Two surfaces, one in-process (CLI) and one hosted (multi-user team deployment):

  • docforge serve — FastMCP server over stdio. Local single-user use (Claude Code, Cursor with MCP). Loads the embedding model in-process and runs dense-only cosine search — it does NOT run the hybrid + reranker pipeline below, so results will not match production. To get the production hybrid+rerank results locally, run docforge serve --remote-api <url>, which proxies to the hosted API instead of querying in-process.
  • docforge serve --api — FastAPI over HTTP. Hosted deployment with multiple users via Entra ID authentication. Since v0.3 Phase 4b, the API offloads embedding to a separate embedder Container App by setting EMBEDDER_URL. Search API replicas drop from ~2 GB RSS to ~400 MB and cold-start in ~30 s (just container spin-up; no model load). The embedder hosts the model behind a shared-secret bearer token (EMBEDDER_TOKEN); the GPU-backed Qwen3-Embedding-4B embedder loads the ~10 GB model into VRAM in 2-3 minutes — run with minReplicas: 1 to keep it warm and avoid cold starts in production.

Both surfaces expose a single primary tool: search_documentation(query, user_name, team_name, area_name?, limit?). Results include source URL + title + section attribution.

In the hosted API path (docforge serve --api, and the local docforge serve --remote-api proxy to it) a query runs a hybrid retrieval pass: dense pgvector similarity (HNSW, cosine) plus sparse lexical (ts_rank_cd) full-text, fused with Reciprocal Rank Fusion (RRF) and a small tag boost. (The bare in-process docforge serve stdio surface above skips this — it is dense-only.) The top rerank_top_n (default 50) candidates from that pool are then re-scored by a cross-encoder reranker (BAAI/bge-reranker-v2-m3), served by its own GPU /rerank sidecar in the hosted deployment. Reranking is opt-in and needs BOTH switches: it runs only when RERANK_ENABLED=true AND RERANKER_URL is set. With either missing, the search API returns the fused hybrid ordering.

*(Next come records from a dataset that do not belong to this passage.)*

//! Why a row is refused behind the rows that were read before it.

ghost use Rattle.std.specs.Prelude.{◌≡◌};
ghost use Rattle.cut_model.specs.Loss.{names_residual};
ghost use Rattle.plan_csv.specs.PlanTexts.{child_refusal as child_refusal_of, names_branch, piece_refusal as piece_refusal_of, place_refusal as place_refusal_of, plate_refusal as plate_refusal_of, row_refusal, side_refusal as side_refusal_of, lies as lies_of};
ghost use Rattle.plan_csv.specs.inner.ReadNodes.{AreNodes, row_with};

use crate::bad_plan::BadPlan;
use crate::nodes::Nodes;
use cut_model::{Along, Row, Sort};
use glass_base::Instance;
use glass_base::limits::MOST_SIDE;

/// Whether a type is that of a plate or a piece that is cut.
pub fn is_branch(kind: i64) -> bool
    ensures { result ≡ names_branch kind }
{
    kind == Sort::Branch.kind()
}

/// Whether a type is that of the residual.
fn is_residual(kind: i64) -> bool
    ensures { result ≡ names_residual kind }
{
    kind == Sort::Residual.kind()
}

/// How the pieces that a cut of this level makes lie.
fn lies(cut: u32) -> Along
    ensures { result ≡ lies_of cut }
{
    match cut {
        0 => Along::Plates,
        1 => Along::X,
        2 => Along::Y,
        3 => Along::X,
        _ => Along::Y,
    }
}

/// Why a plate is refused.
fn plate_refusal(instance: &Instance, row: u64, nodes: &Nodes, r: &Row) -> Option<BadPlan>
    requires { AreNodes nodes.now }
    ensures { result ≡ plate_refusal_of instance.now row nodes.now.rows.items r.now }
{
    if u64::from(r.plate) != nodes.plates.len() as u64 {
        return Some(BadPlan::Level(row, 0));
    }
    if !is_branch(r.kind) {
        return Some(BadPlan::Kind(row));
    }
    if r.x != 0 {
        return Some(BadPlan::Size(row, 3));
    }
    if r.y != 0 {
        return Some(BadPlan::Size(row, 4));
    }
    if r.width != instance.width(r.plate) {
        return Some(BadPlan::Size(row, 5));
    }
    if r.height != instance.params().height {
        return Some(BadPlan::Size(row, 6));
    }
    None
}

/// Why the sides of a piece are refused that lies beside its neighbours.
fn width_refusal(row: u64, filled: u32, e: &Row, r: &Row) -> Option<BadPlan>
    ensures { result ≡ side_refusal_of row filled e.now r.now Along.X }
{
    if u64::from(r.x) != u64::from(e.x) + u64::from(filled) {
        return Some(BadPlan::Size(row, 3));
    }
    if r.y != e.y {
        return Some(BadPlan::Size(row, 4));
    }
    if r.height != e.height {
        return Some(BadPlan::Size(row, 6));
    }
    if u64::from(filled) + u64::from(r.width) > u64::from(MOST_SIDE) {
        return Some(BadPlan::Size(row, 5));
    }
    None
}

/// Why the sides of a piece are refused that lies over its neighbours.
fn height_refusal(row: u64, filled: u32, e: &Row, r: &Row) -> Option<BadPlan>
    ensures { result ≡ side_refusal_of row filled e.now r.now Along.Y }
{
    if r.x != e.x {
        return Some(BadPlan::Size(row, 3));
    }
    if u64::from(r.y) != u64::from(e.y) + u64::from(filled) {
        return Some(BadPlan::Size(row, 4));
    }
    if r.width != e.width {
        return Some(BadPlan::Size(row, 5));
    }
    if u64::from(filled) + u64::from(r.height) > u64::from(MOST_SIDE) {
        return Some(BadPlan::Size(row, 6));
    }
    None
}

/// Why the sides of a piece are refused, by how it lies.
fn side_refusal(row: u64, filled: u32, e: &Row, r: &Row, along: Along) -> Option<BadPlan>
    ensures { result ≡ side_refusal_of row filled e.now r.now along }
{
    match along {
        Along::Plates => None,
        Along::X => width_refusal(row, filled, e, r),
        Along::Y => height_refusal(row, filled, e, r),
    }
}

/// Why a piece is refused whose parent is the row `e`, and whose neighbours before it fill so much of their parent.
fn piece_refusal(row: u64, filled: u32, e: &Row, r: &Row) -> Option<BadPlan>
    ensures { result ≡ piece_refusal_of row filled e.now r.now }
{
    if r.plate != e.plate {
        return Some(BadPlan::Parent(row));
    }
    if u64::from(r.cut) != u64::from(e.cut) + 1 {
        return Some(BadPlan::Level(row, u64::from(r.cut)));
    }
    if !is_branch(e.kind) {
        return Some(BadPlan::Kind(row));
    }
    if is_residual(r.kind) && r.cut != 1 {
        return Some(BadPlan::Kind(row));
    }
    if is_branch(r.kind) && r.cut == 4 {
        return Some(BadPlan::Kind(row));
    }
    side_refusal(row, filled, e, r, lies(r.cut))
}

/// Why a piece is refused that names this number as its parent.
fn child_refusal(row: u64, nodes: &Nodes, r: &Row, parent: u64) -> Option<BadPlan>
    requires { AreNodes nodes.now }
    ensures { result ≡ child_refusal_of row nodes.now.rows.items r.now
        (row_with parent nodes.now.rows.items) }
{
    match nodes.named.get(&parent) {
        None => Some(BadPlan::Parent(row)),
        Some(node) => piece_refusal(row, node.filled, &node.row, r),
    }
}

/// Why a row is refused, by its level and its parent.
fn place_refusal(instance: &Instance, row: u64, nodes: &Nodes, r: &Row) -> Option<BadPlan>
    requires { AreNodes nodes.now }
    ensures { result ≡ place_refusal_of instance.now row nodes.now.rows.items r.now
        r.now.cut r.now.parent }
{
    match r.cut {
        0 => match r.parent {
            None => plate_refusal(instance, row, nodes, r),
            Some(_) => Some(BadPlan::Parent(row)),
        },
        _ => match r.parent {
            None => Some(BadPlan::Parent(row)),
            Some(parent) => child_refusal(row, nodes, r, parent),
        },
    }
}

/// Why a row is refused, if it is.
pub fn refusal(instance: &Instance, row: u64, nodes: &Nodes, r: &Row) -> Option<BadPlan>
    requires { AreNodes nodes.now }
    ensures { result ≡ row_refusal instance.now row nodes.now.rows.items r.now }
{
    if nodes.named.contains_key(&r.node) {
        Some(BadPlan::Parent(row))
    } else {
        place_refusal(instance, row, nodes, r)
    }
}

  • A chat UI. docforge has no frontend; it hands context to whatever assistant calls it.
  • A multi-tenant SaaS. docforge assumes a single-company trust boundary — authenticated users can query any indexed source.
  • A permission-aware RAG. There are no per-document ACLs at query time.

These are conscious scope decisions. If you need any of them, Onyx is likely a better fit.